Why are compact operators 'small'?

Question

I have been hearing different people saying this in different contexts for quite some time but I still don't quite get it.

I know that compact operators map bounded sets to totally bounded ones, that the perturbation of a compact operator does not change the index, and that the calkin algebra is an indispensable tool in the study of operators in the sense that 'essentially something' becomes a useful notion.

But I still suspect why they are 'small'. Now Connes says they are like 'infinitesimals' in commutative function theory, which makes me even more confused. So I guess I just post this question here and hopefully I can hear some quite good explanations about the reasoning behind this intuition.

Thanks!

Answer 1

It may help to think of the special case of diagonal operators, that is, elements of $\ell_\infty $ acting on $\ell_2$ by multiplication. Here compact operators correspond to sequences which tend to 0, "are infinitesimally small". This is a commutative situation, in which everything reduces to multiplication of functions. So, general compact operators can be called noncommutative infinitesimals.

A shorter explanation, but with less content: every ideal in a ring can be thought of as a collection of infinitesimally small elements, because they are one step (quotient) away from being zero.

Answer 2

Finite rank operators are small (in that they squish a large space into a small one). In a Hilbert space (or more generally, a Banach space with the approximation property, which includes most familiar examples), compact operators are precisely the operator-norm limits of finite rank operators. That's what I think of when I hear that statement.
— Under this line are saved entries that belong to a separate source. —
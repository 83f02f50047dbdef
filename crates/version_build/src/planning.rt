//! Finds what a former version has of the components of a map.

ghost use Rattle.std.specs.Prelude.{◌≡◌, ◌+◌, ◌<◌, map, length, IfOk, IfSome, IfNone, IsTrue, ◌↔◌};
ghost use Rattle.std.specs.Arc.{arc_value};
ghost use Rattle.std.specs.Option.{option_map};
ghost use Rattle.moves.specs.Maps.{IsSearchable, passable_count};
ghost use Rattle.moves.specs.Components.{IsComponentList};
ghost use Rattle.versions.specs.Databases.{IsVersion};
ghost use Rattle.versions.specs.Counts.{AreCounts};
ghost use Rattle.version_build.specs.Plans.{IsAllBuilt, Follows, IsShared, ArePrepared, cells_missing};

use crate::bases::Bases;
use crate::edited::labels_of;
use crate::plans::{BuildReport, Plan, Prepared};
use cell_order::OrderKind;
use components::Labels;
use moves::{Cell, Grid};
use row_store::CompData;
use std::alloc::{AllocError, Global};
use std::sync::Arc;
use versions::Version;

/// The plan for the version of a map. A component is kept exactly where the former version has the same order and a
/// component with the same cells; every other one is to be built.
///
/// Each component is compared with one former component alone, so the time is linear in the number of cells.
///
/// # Errors
///
/// `AllocError` where memory runs out. The map is dropped then.
pub fn plan(
    alloc: Global,
    former: Option<&Version>,
    grid: Grid,
    prefix: u32,
    kind: OrderKind,
) -> Result<Plan, AllocError>
    requires { IsSearchable grid }
    ensures map { IfOk result (λ plan. plan.map ≡ grid) }
    ensures prefix { IfOk result (λ plan. plan.prefix ≡ prefix) }
    ensures order { IfOk result (λ plan. plan.order ≡ kind) }
    ensures first { IfOk result (λ plan. IfNone former.entry (IsAllBuilt grid plan.built plan.kept)) }
    ensures follows { IfOk result (λ plan. IfSome former.entry (λ v.
        Follows v.now grid kind plan.built plan.kept)) }
    ensures sum { IfOk result (λ plan. plan.built + plan.kept ≡ passable_count grid) }
{
    let labels = labels_of(alloc, former, &grid)?;
    let prepared = prepare(alloc, former, kind, &grid, &labels)?;
    let bases = Bases::of(alloc, former, kind, &labels, &prepared.comps)?;
    Ok(Plan {
        prefix,
        grid,
        labels,
        prepared,
        bases,
    })
}

/// What the former version, if there is one and in this order, has of the components of the map.
fn prepare(
    alloc: Global,
    former: Option<&Version>,
    kind: OrderKind,
    grid: &Grid,
    labels: &Labels,
) -> Result<Prepared, AllocError>
    requires { IsComponentList grid.now labels.now }
    ensures order { IfOk result (λ p. p.kind ≡ kind) }
    ensures prepared { IfOk result (λ p.
        ArePrepared p.kind labels.now (map (option_map arc_value) p.comps.items)) }
    ensures missing { IfOk result (λ p. p.report.built ≡
        cells_missing labels.now (map (option_map arc_value) p.comps.items)) }
    ensures first { IfOk result (λ p.
        IfNone former.entry (IsAllBuilt grid.now p.report.built p.report.kept)) }
    ensures follows { IfOk result (λ p. IfSome former.entry (λ v.
        Follows v.now grid.now kind p.report.built p.report.kept)) }
    ensures sum { IfOk result (λ p. p.report.built + p.report.kept ≡ passable_count grid.now) }
{
    match former {
        Some(version) => {
            if version.kind() == kind {
                share(alloc, version, grid, labels)
            } else {
                share_none(alloc, kind, grid, labels)
            }
        }
        None => share_none(alloc, kind, grid, labels),
    }
}

/// Nothing of the components is there.
fn share_none(
    alloc: Global,
    kind: OrderKind,
    grid: &Grid,
    labels: &Labels,
) -> Result<Prepared, AllocError>
    requires { IsComponentList grid.now labels.now }
    ensures order { IfOk result (λ p. p.kind ≡ kind) }
    ensures prepared { IfOk result (λ p.
        ArePrepared p.kind labels.now (map (option_map arc_value) p.comps.items)) }
    ensures missing { IfOk result (λ p. p.report.built ≡
        cells_missing labels.now (map (option_map arc_value) p.comps.items)) }
    ensures built { IfOk result (λ p. p.report.built ≡ passable_count grid.now) }
    ensures kept { IfOk result (λ p. p.report.kept ≡ 0) }
{
    let mut comps = Vec::with_capacity(alloc, labels.count() as usize)?;
    for _ in 0..labels.count() {
        comps.push(None)?;
    }
    // That the map lies inside the limits is known from its width.
    let _ = grid.width();
    let report = BuildReport {
        built: grid.passable_count(),
        kept: 0,
    };
    Ok(Prepared {
        kind,
        comps,
        report,
    })
}

/// Those of the components that the former version has.
fn share(
    alloc: Global,
    former: &Version,
    grid: &Grid,
    labels: &Labels,
) -> Result<Prepared, AllocError>
    requires { IsComponentList grid.now labels.now }
    ensures order { IfOk result (λ p. p.kind ≡ former.now.order) }
    ensures prepared { IfOk result (λ p.
        ArePrepared p.kind labels.now (map (option_map arc_value) p.comps.items)) }
    ensures missing { IfOk result (λ p. p.report.built ≡
        cells_missing labels.now (map (option_map arc_value) p.comps.items)) }
    ensures counts { IfOk result (λ p.
        AreCounts former.now.map grid.now p.report.built p.report.kept) }
    ensures sum { IfOk result (λ p. p.report.built + p.report.kept ≡ passable_count grid.now) }
{
    // That the former version is one, and that the map lies inside the limits, is known from these.
    let (_, _) = (former.grid(), grid.width());
    let known = former.labels();
    let mut comps = Vec::with_capacity(alloc, labels.count() as usize)?;
    let mut kept = 0;
    for label in 0..labels.count() {
        let cells = labels.cells(label);
        let comp = shared_comp(former, known, cells)?;
        if comp.is_some() {
            kept += cells.len() as u32;
        }
        comps.push(comp)?;
    }
    let report = BuildReport {
        built: grid.passable_count() - kept,
        kept,
    };
    Ok(Prepared {
        kind: former.kind(),
        comps,
        report,
    })
}

/// The former version's component with just these cells, if it has one. Only the one that has the first cell can be it.
fn shared_comp(
    former: &Version,
    known: &Labels,
    cells: &[Cell],
) -> Result<Option<Arc<CompData>>, AllocError>
    requires version { IsVersion former.now }
    requires known { IsComponentList former.now.map known.now }
    requires some { 0 < length cells.now }
    ensures { IfOk result (λ comp. IsShared former.now.order known.now cells.now (option_map arc_value comp)) }
{
    let Some(label) = known.of(cells[0]) else {
        return Ok(None);
    };
    if !are_same(known.cells(label), cells) {
        return Ok(None);
    }
    let comp = Arc::try_clone(&former.comps()[label as usize])?;
    Ok(Some(comp))
}

/// Whether two lists of cells are one.
fn are_same(a: &[Cell], b: &[Cell]) -> bool
    ensures { IsTrue result ↔ a.now ≡ b.now }
{
    a == b
}
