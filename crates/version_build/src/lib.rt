//! Builds versions: the database of a map, with what a former version has of it taken over.
//!
//! A component's database depends on its cells alone, and so one that has the same cells in the former version is
//! shared with it. The rows of all others are built, but for those that follow from the rows of the component that a
//! cell was blocked in or freed beside. (Botea 2011; Strasser, Harabor and Botea 2014)
//!
//! A cell of a component of two is blocked: the next version builds one row and keeps the component of the other two:
//!
//! ```text
//! replay | ..@.. | submit 0 0 0 0\nbegin 0\nrow 0\npublish 0\n
//! 0 accepted 1\n0 job 1 rows 1\n0 row left 0\n0 published 1 built 1 kept 2\n
//! ```
#![tactic(auto)]

mod bases;
mod builder;
mod building;
mod edited;
mod parts;
mod planning;
mod plans;

pub use builder::Builder;
pub use building::{FEW_CELLS, build};
pub use planning::plan;
pub use plans::{BuildReport, Plan};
Alternatively, a compact operator from $X$ to $Y$ squishes the unit ball of $X$ (which is "big") into a compact subset of $Y$ (which, in Banach spaces, is typically "small" in that it has empty interior).

Answer 3

Connes wrote a paper It is in french. I translate a sentence at the beginning with google: Compact operators in Hilbert space H plays the same role among bounded operators in H as infinitesimals among complex numbers.
In his 1994 book Noncommutative geometry he wrote:

K = {T ∈ L(H) ; T compact} is a two-sided ideal in the algebra L(H) of bounded operators in H, and it is the largest nontrivial ideal. An operator T in H is compact iff for any ε > 0 the size of T is smaller than ε except for a finite-dimensional subspace of H. More precisely, one lets, for n ∈ N, $µ_n(T)$ = Inf $||T − R||$ ; R operator of rank ≤ n} where the rank of an operator is the dimension of its range. Then T is compact iff $µ_n(T)$ →0 when n→∞. Moreover, the $µ_n(T)$ are the eigenvalues, ordered by decreasing size, of the absolute value |T| of T. The rate of decay of the µn(T) as n→∞ is a precise measure of the size of the infinitesimal T.